Second, USD supremacy reflects overwhelming global demand for the greenback. The traditional source of demand arises from the global recycling of US consumption and deficits. Foreign central banks, investors and corporations seek USD assets to park their export earning surpluses. The new source comes from the economic growth driven by information, financialisation and globalisation which has generated huge global demand for USD credit and liquidity. Firms from emerging economies, particularly from China, tapped USD public and debt markets to finance their growth.
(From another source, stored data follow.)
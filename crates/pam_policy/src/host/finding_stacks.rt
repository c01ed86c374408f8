//! The stacks of a host, found one after another.

ghost use Rattle.std.specs.Prelude.{◌≡◌, ◌∷◌, ◌++◌, [], Err, IfErr, IfOk, List, Ok, OnOk, Some, length, map, slice_get, ℕ};
ghost use Rattle.pam_conf.specs.Resolution.{resolved};
ghost use Rattle.pam_conf.specs.declared.rule.Kind.{Kind as KindText};
ghost use Rattle.pam_conf.specs.Services.{services_in};
ghost use Rattle.pam_policy.specs.host.HostStacks.{AreHostStacks, IsClassAt, IsClassOf, IsErrorAmong, IsErrorAt, WhyNoStacks, places_from, service_places};
ghost use Rattle.pam_policy.specs.host.Sources.{sources_view};
ghost use Rattle.pam_policy.specs.host.inner.Classes.{Adds, AreFound, IsGathered};

use crate::host::answers::known_at;
use crate::host::classes::{Answered, Classes, alone};
use crate::host::error::StacksError;
use crate::host::stacks::{ClassStack, HostPlace, HostSources, HostStacks, StackClass};
use crate::names::each_of;
use pam_conf::laws::stack_is_sound_survey;
use pam_conf::{
    ConfError, FaultKind, Files, Kind, RuleFiles, Stack, Survey, is_sound, resolve, services_in,
};
use pam_text::Texts;
use std::alloc::{AllocError, Global};

/// The stack of a service, or the first fault.
type Resolved = Result<Stack, ConfError>;

/// The stack that a walk from the first rule on gives, or its first fault.
fn walked(alloc: Global, files: &Files, name: &[u8], kind: Kind) -> Result<Resolved, AllocError>
    ensures { IfOk result (λ stack. stack ≡ resolved files.now name.now kind) }
{
    match resolve(alloc, files, name, kind) {
        Ok(stack) => Ok(Ok(stack)),
        Err(error) => {
            if error.kind == FaultKind::Memory {
                return Err(AllocError);
            }
            Ok(Err(error))
        }
    }
}

/// The stack of a service, or the first fault. The rules that were read give the stack where there is none; only a fault needs
/// another walk.
fn stack_of(
    alloc: Global,
    files: &Files,
    rules: &RuleFiles<'_>,
    name: &[u8],
    kind: Kind,
) -> Result<Resolved, AllocError>
    requires { rules.now ≡ files.now }
    ensures { IfOk result (λ stack. stack ≡ resolved files.now name.now kind) }
{
    stack_is_sound_survey();
    let survey = rules.survey(alloc, name, kind)?;
    if !is_sound(rules, &survey) {
        return walked(alloc, files, name, kind);
    }
    let Survey { stack, .. } = survey;
    match stack {
        Some(stack) => Ok(Ok(stack)),
        None => walked(alloc, files, name, kind),
    }
}

/// What the stacks are found from.
#[derive(Drop)]
pub(crate) struct Finder<'x> {
    pub(crate) alloc: Global,
    pub(crate) sources: &'x HostSources<'x>,
    pub(crate) rules: &'x RuleFiles<'x>,
    ghost same: { rules.now ≡ sources.now.files.now },
}

/// The places so far, and their classes.
#[derive(Drop)]
pub(crate) struct Found {
    pub(crate) places: Vec<HostPlace>,
    pub(crate) classes: Classes,
}

impl Finder<'_> {
    /// The class of an accepted stack.
    fn class_accepted(
        &self,
        classes: &mut Classes,
        name: &[u8],
        kind: Kind,
        stack: Stack,
    ) -> Result<usize, StacksError>
        requires { resolved self.now.sources.now.files.now name.now kind ≡ Ok stack }
        ensures adds { OnOk result (Adds classes.old classes.new) }
        ensures class { AreFound classes.old
            → IfOk result (λ k. IsClassAt (sources_view self.now.sources.now) name.now kind (slice_get classes.new.classes.items k)) }
        ensures reason { IfErr result (IsErrorAt (sources_view self.now.sources.now) name.now kind) }
    {
        let known = match known_at(self.alloc, self.sources, name, kind, &stack) {
            Ok(known) => known,
            Err(fault) => return Err(StacksError::Known(fault)),
        };
        let answered = Answered { kind, stack, known };
        let class = classes.class_of(self.alloc, answered)?;
        Ok(class)
    }

    /// The class of a stack that is refused.
    fn class_refused(
        &self,
        classes: &mut Classes,
        name: &[u8],
        kind: Kind,
        fault: ConfError,
    ) -> Result<usize, StacksError>
        requires { resolved self.now.sources.now.files.now name.now kind ≡ Err fault }
        ensures adds { OnOk result (Adds classes.old classes.new) }
        ensures class { IfOk result (λ k.
            IsClassAt (sources_view self.now.sources.now) name.now kind (slice_get classes.new.classes.items k)) }
        ensures reason { IfErr result (IsErrorAt (sources_view self.now.sources.now) name.now kind) }
    {
        let class = classes.class_refused(kind, fault)?;
        Ok(class)
    }

    /// The class of the stack of a service for a kind, which is added if there is none.
    fn class_of(&self, classes: &mut Classes, name: &[u8], kind: Kind) -> Result<usize, StacksError>
        ensures adds { OnOk result (Adds classes.old classes.new) }
        ensures class { AreFound classes.old
            → IfOk result (λ k. IsClassAt (sources_view self.now.sources.now) name.now kind (slice_get classes.new.classes.items k)) }
        ensures reason { IfErr result (IsErrorAt (sources_view self.now.sources.now) name.now kind) }
    {
        let resolved = stack_of(self.alloc, self.sources.files, self.rules, name, kind)?;
        match resolved {
            Ok(stack) => self.class_accepted(classes, name, kind, stack),
            Err(fault) => self.class_refused(classes, name, kind, fault),
        }
    }

    /// Adds the place of a service and a kind.
    fn add_place(
        &self,
        found: &mut Found,
        service: usize,
        name: &[u8],
        kind: Kind,
    ) -> Result<(), StacksError>
        ensures place { (names : List (List ℕ)) (asked : List (ℕ × KindText)) → slice_get names service ≡ Some name.now
            → IsGathered (sources_view self.now.sources.now) names asked found.old
            → OnOk result (IsGathered (sources_view self.now.sources.now) names (asked ++ (service, kind) ∷ []) found.new) }
        ensures reason { IfErr result (IsErrorAt (sources_view self.now.sources.now) name.now kind) }
    {
        let class = self.class_of(&mut found.classes, name, kind)?;
        found.places.push(HostPlace {
            service,
            kind,
            class,
        })?;
        Ok(())
    }

    /// Adds the places of a service.
    fn add_service(&self, found: &mut Found, service: usize, name: &[u8]) -> Result<(), StacksError>
        ensures places { (names : List (List ℕ)) (asked : List (ℕ × KindText)) → slice_get names service ≡ Some name.now
            → IsGathered (sources_view self.now.sources.now) names asked found.old
            → OnOk result (IsGathered (sources_view self.now.sources.now) names (asked ++ service_places service) found.new) }
        ensures reason { (names : List (List ℕ)) → slice_get names service ≡ Some name.now
            → IfErr result (IsErrorAmong (sources_view self.now.sources.now) names) }
    {
        self.add_place(found, service, name, Kind::Auth)?;
        self.add_place(found, service, name, Kind::Account)?;
        self.add_place(found, service, name, Kind::Password)?;
        self.add_place(found, service, name, Kind::Session)
    }

    /// The places of all services, with their classes.
    fn places(&self, names: &[&[u8]]) -> Result<Found, StacksError>
        ensures places { IfOk result (IsGathered (sources_view self.now.sources.now) (map (λ name. name.now) names.now)
            (places_from 0 (length names.now))) }
        ensures reason { IfErr result (IsErrorAmong (sources_view self.now.sources.now) (map (λ name. name.now) names.now)) }
    {
        let mut found = Found {
            places: Vec::new(self.alloc),
            classes: Classes::none(self.alloc),
        };
        for (service, name) in names.iter().enumerate() {
            self.add_service(&mut found, service, name)?;
        }
        Ok(found)
    }

    /// The places of these services, with their classes.
    fn found(&self, services: &Texts) -> Result<Found, StacksError>
        ensures places { IfOk result (IsGathered (sources_view self.now.sources.now) services.now (places_from 0 (length services.now))) }
        ensures reason { IfErr result (WhyNoStacks (sources_view self.now.sources.now) services.now) }
    {
        let names = each_of(self.alloc, services)?;
        let found = self.places(&names)?;
        Ok(found)
    }
}

/// What is known of the accepted stack of a service for a kind.
fn known_class(
    alloc: Global,
    sources: &HostSources<'_>,
    service: &[u8],
    kind: Kind,
    stack: Stack,
) -> Result<StackClass, StacksError>
    requires { resolved sources.now.files.now service.now kind ≡ Ok stack }
    ensures class { IfOk result (IsClassOf (sources_view sources.now) service.now kind) }
    ensures reason { IfErr result (IsErrorAt (sources_view sources.now) service.now kind) }
{
    let known = match known_at(alloc, sources, service, kind, &stack) {
        Ok(known) => known,
        Err(fault) => return Err(StacksError::Known(fault)),
    };
    let class = alone(alloc, Answered { kind, stack, known })?;
    Ok(class)
}

impl StackClass {
    /// What is known of the stack of one service for a kind. A service that the sources do not have has the stack of `other`, as
    /// in Linux-PAM.
    pub fn of(
        alloc: Global,
        sources: &HostSources<'_>,
        service: &[u8],
        kind: Kind,
    ) -> Result<StackClass, StacksError>
        ensures class { IfOk result (IsClassOf (sources_view sources.now) service.now kind) }
        ensures reason { IfErr result (IsErrorAt (sources_view sources.now) service.now kind) }
    {
        let resolved = walked(alloc, sources.files, service, kind)?;
        match resolved {
            Ok(stack) => known_class(alloc, sources, service, kind, stack),
            Err(fault) => Ok(StackClass {
                kind,
                stack: ClassStack::Refused(fault),
            }),
        }
    }
}

impl HostStacks {
    /// The stacks of a host. The services are as `pam_conf::services_in` lists them.
    ///
    /// Each file is read once, if none has a fault. Stacks of a kind that have the same items and the same answers have one class, and so
    /// have those that are refused for the same fault.
    pub fn of(alloc: Global, sources: &HostSources<'_>) -> Result<HostStacks, StacksError>
        ensures stacks { IfOk result (AreHostStacks (sources_view sources.now)) }
        ensures reason { IfErr result (WhyNoStacks (sources_view sources.now)
            (services_in sources.now.files.now.form sources.now.files.now.entries)) }
    {
        let rules = RuleFiles::read(alloc, sources.files)?;
        let services = services_in(alloc, sources.files, &rules)?;
        let finder = Finder {
            alloc,
            sources,
            rules: &rules,
        };
        let Found { places, classes } = finder.found(&services)?;
        let Classes { classes, .. } = classes;
        Ok(HostStacks {
            services,
            places,
            classes,
        })
    }
}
Global USD liquidity played a key role in financing the technology revolution, the revival of American enterprise and the growth of emerging economies.
Overall, the status of the USD as the primary global reserve currency is a function of its many strengths such as its economic, military and technology leadership; the liquidity, sophistication and credibility of USD-denominated markets; its willingness to create an ample supply of safe assets to satisfy international demand; and its leadership role in global financial stability and governance. The US influence over critical global institutions the International Monetary Fund (IMF) and World Bank and networks such as the Society for Worldwide Interbank Financial Telecommunication (SWIFT) and the Clearing House Interbank Payments System (Chips) helps it to defend its currency supremacy.
Why it is different this time
For the first time, the US is suddenly faced by a formidable rival in China with all-round strengths in the economic, financial, military, technology and information spheres. China and the yuan still have too many shortcomings to pose an immediate and direct threat to USD supremacy but it poses a long-term challenge. In this context, USD dominance will be gradually eroded by several developments that will reduce international USD usage in payments, funding and investing.
- Fraying of the petrodollar system
One pillar of strength has been its role as the de facto currency for the oil trade. But this no longer holds as the role of oil and the US in the global economy is diminishing. Lyn Alden points out “it’s challenging to maintain a system of all oil and most commodities being priced worldwide in US dollars if there is a bigger global trade partner and importer of oil and commodities than the United States…The global energy market, and more broadly international trade, is now too big to be priced primarily in the currency of a country that represents this small of a share of global GDP…as the US economy represents a smaller and smaller share of global GDP over time, it becomes increasingly unable to supply enough dollars for the world to price all energy in dollars. There’s no country or currency group big enough to do that alone anymore. Not the United States, not China, not the European Union, and not Japan”.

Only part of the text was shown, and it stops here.